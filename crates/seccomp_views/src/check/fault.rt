// What is said of the errors for which a text is rejected.

use crate::check::format::{CheckFormat, Lines, Place};
use crate::notes::{failure, note, readable};
use seccomp_answers::error::AnswerError;
use seccomp_faults::{Fault, Position, Problem, Step, is_of_profile};
use seccomp_profiles::{CompileError, ProfileError};
use seccomp_text::readable::TextKind;
use seccompiler::{Error, JsonFrontendError};
use std::alloc::{AllocError, Global};
use std::collections::BTreeSet;
use std::mem;

// The most errors of a text that are told each by itself.
const MOST: usize = 100;

/// Adds what is said of the error of this text, for people on standard error: if it has faults with places, of all of them, in the
/// text's order.
pub fn push_error(lines: &mut Lines<'_>, given: &[u8], error: &AnswerError) {
    let alloc = lines.text.alloc();
    if let CheckFormat::Text = lines.format {
        lines.locate(given);
    }
    match error {
        AnswerError::Placed(_, faults) => push_faults(lines, faults),
        AnswerError::Library(Error::JsonFrontend(JsonFrontendError::SerdeJson(reader)))
        | AnswerError::Profile(CompileError::Profile(ProfileError::Json(reader))) => {
            push_no_json(lines, reader)
        }
        _ => match (lines.format, error.told(alloc)) {
            (CheckFormat::Text, _) => {
                let told = failure(alloc, Some(lines.file), error);
                lines.notes.push_format(told);
            }
            (_, Ok(told)) => push_unplaced(lines, error, told.as_str()),
            (_, Err(_)) => lines.text.fail(),
        },
    }
}

// Where a text stops being JSON, and what is wrong there; or, if that isn't found, what its reader says.
fn reason_of(
    lines: &mut Lines<'_>,
    reader: &serde_json::Error,
) -> Result<(Position, String), AllocError> {
    if let Some(found) = lines.no_json.take() {
        return Ok(found);
    }
    let (line, column) = (reader.line().max(1), reader.column().max(1));
    Ok((
        Position { line, column },
        reader.to_string(lines.text.alloc())?,
    ))
}

// Adds that a text is no JSON, and why.
fn push_no_json(lines: &mut Lines<'_>, reader: &serde_json::Error) {
    let alloc = lines.text.alloc();
    let Ok((place, told)) = reason_of(lines, reader) else {
        return lines.text.fail();
    };
    if let CheckFormat::Text = lines.format {
        let Position { line, column } = place;
        let said = format!(in alloc; "line {line}, column {column}: invalid JSON: {told}");
        return note(&mut lines.notes, lines.file, said);
    }
    lines.place = Place::At(Some(place));
    match format!(in alloc; "invalid JSON: {told}") {
        Ok(message) => lines.push("error", "not-json", message.as_str()),
        Err(_) => lines.text.fail(),
    }
}

// Adds what is said of the faults of a text, in the order of their places.
fn push_faults(lines: &mut Lines<'_>, all: &[Fault]) {
    // Of each fault its line, its column and how many stand in front of it.
    let mut places = BTreeSet::new(lines.text.alloc());
    for (nth, fault) in all.iter().enumerate() {
        let Position { line, column } = lines.outline.place_of(fault);
        if places.insert((line, column, nth)).is_err() {
            lines.text.fail();
        }
    }
    for (_, _, nth) in places.iter().take(MOST) {
        if let Some(fault) = all.get(*nth) {
            push_fault(lines, fault);
        }
    }
    push_more(lines, all.len().saturating_sub(MOST));
}

// Adds that there are more errors than are told, if there are some.
fn push_more(lines: &mut Lines<'_>, more: usize) {
    let alloc = lines.text.alloc();
    let said = match more {
        0 => return,
        1 => String::from_str(alloc, "1 more error"),
        _ => format!(in alloc; "{more} more errors"),
    };
    if let CheckFormat::Text = lines.format {
        return note(&mut lines.notes, lines.file, said);
    }
    lines.place = Place::At(None);
    match said {
        Ok(said) => lines.push("error", "more-errors", said.as_str()),
        Err(_) => lines.text.fail(),
    }
}

// Adds what is said of an error of this text, which has no place of its own.
fn push_unplaced(lines: &mut Lines<'_>, error: &AnswerError, told: &str) {
    lines.place = Place::At(None);
    let code = match error {
        AnswerError::Library(Error::JsonFrontend(JsonFrontendError::RepeatedKey)) => {
            // Where it stands the second time.
            if let Some((path, position)) = lines.outline.repeated.take() {
                lines.path = path;
                lines.place = Place::At(Some(position));
            }
            "repeated-key"
        }
        AnswerError::NoProfile
        | AnswerError::Profile(CompileError::Profile(ProfileError::NotAProfile)) => {
            lines.place = Place::Value;
            "not-a-profile"
        }
        AnswerError::Profile(CompileError::TooLarge) => "program-too-large",
        AnswerError::Program(_) => "not-a-program",
        _ => "wrong-value",
    };
    lines.push("error", code, told);
}

// Adds what is said of a fault. An unknown key of a policy is found where the key is.
fn push_fault(lines: &mut Lines<'_>, fault: &Fault) {
    let alloc = lines.text.alloc();
    if let CheckFormat::Text = lines.format {
        return note(&mut lines.notes, lines.file, line_of(alloc, fault));
    }
    for step in &fault.path {
        match step {
            Step::Key(key) => lines.key(key.as_str()),
            Step::Item(place) => lines.item(*place),
        }
    }
    let code = code_of(lines, fault);
    match fault.words(alloc) {
        Ok(message) => lines.push("error", code, message.as_str()),
        Err(_) => lines.text.fail(),
    }
}

// The code of a fault. What is suggested in place of a call, and where an unknown key is, are noted of the next diagnostic.
fn code_of(lines: &mut Lines<'_>, fault: &Fault) -> &'static str {
    if is_of_profile(fault.form) {
        return "not-a-profile";
    }
    match &fault.problem {
        Problem::UnknownCall(_, _, near) => {
            lines.suggestion = *near;
            "unknown-call"
        }
        Problem::Strange(key) => {
            // Where the key is, on the path of its object.
            let alloc = lines.text.alloc();
            let path = mem::replace(&mut lines.path, String::new(alloc));
            lines.key(key.as_str());
            lines.path = path;
            lines.place = Place::At(Some(lines.value.key));
            "unexpected-key"
        }
        Problem::Missing(_) | Problem::Neither(_, _) => "missing-key",
        Problem::Both(_, _) => "both-keys",
        Problem::SameActions => "identical-actions",
        Problem::TooLong(_, _, _) => "program-too-large",
        Problem::Stands(_, _) | Problem::Beside(_) => "wrong-value",
    }
}

// What is said of a fault for people: the path, and what is wrong there.
fn line_of(alloc: Global, fault: &Fault) -> Result<String, AllocError> {
    let told = fault.text(alloc)?;
    readable(alloc, told.as_bytes(), TextKind::Line)
}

· · · · · · ·

**Problem**.
Your reply should hold every line from the data that contains "ProfileError", copied in full.

**Solved problem**.
use seccomp_profiles::{CompileError, ProfileError};
        | AnswerError::Profile(CompileError::Profile(ProfileError::Json(reader))) => {
        | AnswerError::Profile(CompileError::Profile(ProfileError::NotAProfile)) => {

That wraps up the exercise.